Providing a Unified Software Environment for Canada’s National Advanced Computing Centers
TimeThursday, August 110:30am - 11am
DescriptionExploiting an advanced computing platform consisting of several clusters distributed across the second-largest country in the world is challenging. Each cluster may run a different operating system, use a different generation of CPU, GPU, or network fabric, or be managed by a different team of system administrators. Presenting a unified software environment can tremendously facilitate the task of supporting researchers, but is challenging to implement. This is nevertheless what Compute Canada set out to do in 2016, in the midst of deploying a new generation of large clusters.
We had to find software solutions to solve the challenges involved to achieve this goal. Distribution, portability and performance were three important technical criteria for us. We also had to consider the practicality of each approach for our users, and reproducibility of software installations performed by staff located at various sites across Canada.

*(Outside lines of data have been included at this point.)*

//! What is judged of files: each as a whole, or each of their lines as a file of its own.
ghost use Rattle.std.specs.Prelude.{◌≡◌, ◌==◌, ◌<◌, ◌+◌, ◌^◌, ◌++◌, ◌∷◌, [], List, ℕ, IfErr, IfOk, IfSome, OnOk, length, position};
ghost use Rattle.std.specs.Option.{option_map_or};
ghost use Rattle.event_files.specs.Files.{IsRefusal};
ghost use Rattle.event_files.specs.Shelves.{IsUnreadAt};
ghost use Rattle.site_commands.specs.Lines.{line_names};
ghost use Rattle.site_commands.specs.Pieces.{ArePieces, IsInputRefused, file_lines, is_blank, is_white, line_at, lines_from, lines_of, pieces_of, places_in, places_of_lines, bytes_of_lines};

use crate::line::{Refusal, line_name};
use crate::names::name_at;
use attributes::{Octets, Text, Texts};
use event_files::{Refused, ReportFault, Shelf, Unread, UnreadAt, contents_of};
use std::alloc::{AllocError, Global};

/// Which line of which file.
#[derive(Clone, Copy, PartialEq, Eq, Debug)]
pub struct LineAt {
    /// The place of the file, from 0.
    pub file: u64,
    /// The number of the line in its file, from 1.
    pub line: u64,
}

/// A line at fault, and its first fault. Where memory ran out the line says nothing.
#[derive(Clone, Copy, PartialEq, Eq, Debug)]
pub struct RefusedLine {
    pub at: LineAt,
    pub fault: ReportFault,
}

/// What is judged of files, each as a file of its own.
#[derive(Drop)]
pub struct Pieces {
    pub texts: Vec<Octets>,
    /// Where each stands, if they are lines; none, if they are whole files.
    pub places: Vec<LineAt>,
}

/// Whether a byte of a file's line is white space of JSON.
fn is_white(byte: u8) -> bool
    ensures { result ≡ is_white byte }
{
    byte == b' ' || byte == b'\t' || byte == b'\r'
}

/// Whether a line of a file has nothing but white space.
pub fn is_blank(line: &[u8]) -> bool
    ensures { result ≡ is_blank line.now }
{
    line.iter().all(|byte| is_white(*byte))
}

/// The place of the first LF in a file's text.
fn line_end(text: &[u8]) -> Option<usize>
    ensures { result ≡ position (λ b. b == 10) text.now }
{
    text.iter().position(|byte| *byte == b'\n')
}

/// The first line of a file's text, and what stands behind its LF, where it has one.
pub fn first_line(text: &[u8]) -> (&[u8], Option<&[u8]>)
    ensures lines { lines_of text.now
        ≡ result.0.now ∷ option_map_or (λ rest. lines_of rest.now) result.1 [] }
    ensures shorter { IfSome result.1 (λ rest. length rest.now < length text.now) }
{
    match line_end(text) {
        Some(at) => (&text[..at], Some(&text[at + 1..])),
        None => (text, None),
    }
}

impl Pieces {
    /// No lines of files to judge.
    fn empty(alloc: Global) -> Pieces
        ensures texts { result.texts.items ≡ [] }
        ensures places { result.places.items ≡ [] }
    {
        Pieces {
            texts: Vec::new(alloc),
            places: Vec::new(alloc),
        }
    }

    /// Adds the line of a file to judge, behind so many others, unless it is blank.
    fn add(&mut self, alloc: Global, file: u64, before: u64, line: &[u8]) -> Result<(), AllocError>
        requires { before + 1 < 2 ^ 64 }
        ensures texts { OnOk result (self.new.texts.items
            ≡ self.old.texts.items ++ bytes_of_lines (line_at file before line.now)) }
        ensures places { OnOk result (self.new.places.items
            ≡ self.old.places.items ++ places_of_lines (line_at file before line.now)) }
    {
        if is_blank(line) {
            return Ok(());
        }
        self.texts.push(Octets::of(alloc, line)?)?;
        self.places.push(LineAt {
            file,
            line: before + 1,
        })?;
        Ok(())
    }

    /// Adds the lines of a file to judge.
    fn add_file(&mut self, alloc: Global, file: u64, bytes: &[u8]) -> Result<(), AllocError>
        ensures texts { OnOk result (self.new.texts.items
            ≡ self.old.texts.items ++ bytes_of_lines (lines_from file 0 (lines_of bytes.now))) }
        ensures places { OnOk result (self.new.places.items
            ≡ self.old.places.items ++ places_of_lines (lines_from file 0 (lines_of bytes.now))) }
    {
        let mut left = Some(bytes);
        let mut before: u64 = 0;
        while let Some(rest) = left {
            let (line, behind) = first_line(rest);
            self.add(alloc, file, before, line)?;
            before += 1;
            left = behind;
        }
        Ok(())
    }
}

/// The lines of all files to judge. The bytes of a file are given back before the next are cut.
fn file_lines(alloc: Global, contents: Vec<Octets>) -> Result<Pieces, AllocError>
    ensures texts { IfOk result (λ p. p.texts.items ≡ bytes_of_lines (file_lines contents.items)) }
    ensures places { IfOk result (λ p. p.places.items ≡ places_of_lines (file_lines contents.items)) }
{
    // Their count bounds that of those that were cut.
    let _count = contents.len();
    let mut pieces = Pieces::empty(alloc);
    let mut file: u64 = 0;
    for bytes in contents {
        pieces.add_file(alloc, file, bytes.as_bytes())?;
        file += 1;
    }
    Ok(pieces)
}

/// What is judged of these contents of files: the lines, or each as it is.
pub fn pieces_of(
    alloc: Global,
    contents: Vec<Octets>,
    has_lines: bool,
) -> Result<Pieces, AllocError>
    ensures texts { IfOk result (λ p. p.texts.items ≡ pieces_of has_lines contents.items) }
    ensures places { IfOk result (λ p. p.places.items ≡ places_in has_lines contents.items) }
{
    if has_lines {
        return file_lines(alloc, contents);
    }
    Ok(Pieces {
        texts: contents,
        places: Vec::new(alloc),
    })
}

/// What is judged of the files of these names: their lines, or each file as a whole. All are read
/// first.
pub fn read_pieces<S: Shelf>(
    alloc: Global,
    shelf: &S,
    files: &[Text],
    has_lines: bool,
) -> Result<Pieces, UnreadAt>
    ensures ok { IfOk result (λ p.
        ArePieces (S.is_content shelf.now) has_lines files.now p.texts.items p.places.items) }
    ensures err { IfErr result
        (IsUnreadAt (S.is_content shelf.now) (S.is_unread shelf.now) files.now) }
{
    match contents_of(alloc, shelf, files) {
        Ok(contents) => match pieces_of(alloc, contents, has_lines) {
            Ok(pieces) => Ok(pieces),
            Err(_) => Err(UnreadAt {
                file: 0,
                why: Unread::OutOfMemory,
            }),
        },
        Err(at) => Err(at),
    }
}

/// The program's refusal of what is judged of files: of a file, or of the line that stands there.
pub fn refusal_at(has_lines: bool, places: &[LineAt], refused: Refused) -> Refusal
    ensures { (contents : List (List ℕ)) → places.now ≡ places_in has_lines contents
        → IsRefusal (pieces_of has_lines contents) refused
        → IsInputRefused has_lines contents result }
{
    if !has_lines {
        return Refusal::File(refused);
    }
    let fault = refused.fault;
    match places.get(refused.file as usize) {
        Some(at) => Refusal::Line(RefusedLine { at: *at, fault }),
        None => Refusal::Line(RefusedLine {
            at: LineAt { file: 0, line: 0 },
            fault,
        }),
    }
}

/// The program's refusal for want of memory of what is judged of files.
pub fn memory_refusal(has_lines: bool) -> Refusal
    ensures { (contents : List (List ℕ)) → IsInputRefused has_lines contents result }
{
    let fault = ReportFault::OutOfMemory;
    if has_lines {
        return Refusal::Line(RefusedLine {
            at: LineAt { file: 0, line: 0 },
            fault,
        });
    }
    Refusal::File(Refused { file: 0, fault })
}

/// The names of lines of these files, for error lines.
pub fn line_names(alloc: Global, files: &[Text], places: &[LineAt]) -> Result<Texts, AllocError>
    ensures { IfOk result (λ names. names ≡ line_names files.now places.now) }
{
    let mut names = Texts::empty(alloc);
    for at in places {
        names.push(line_name(alloc, name_at(files, at.file), at.line)?)?;
    }
    Ok(names)
}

In this paper, we present the solution that we created, which has allowed Compute Canada to serve the needs of over 10,000 researchers across the country. This solution is used on over 20 different clusters with heterogeneous configurations, on processor architectures ranging from AMD's 2010 Magny-Cours to Intel's 2017 Skylake SP, with or without GPUs, with InfiniBand, Ethernet or OmniPath as the network fabric, and with Slurm or Torque/Moab as the scheduler. This stack provides a unified software environment to users, providing over 600 different scientific applications that are available in over 4,000 different combinations of version, compiler and CPU architecture.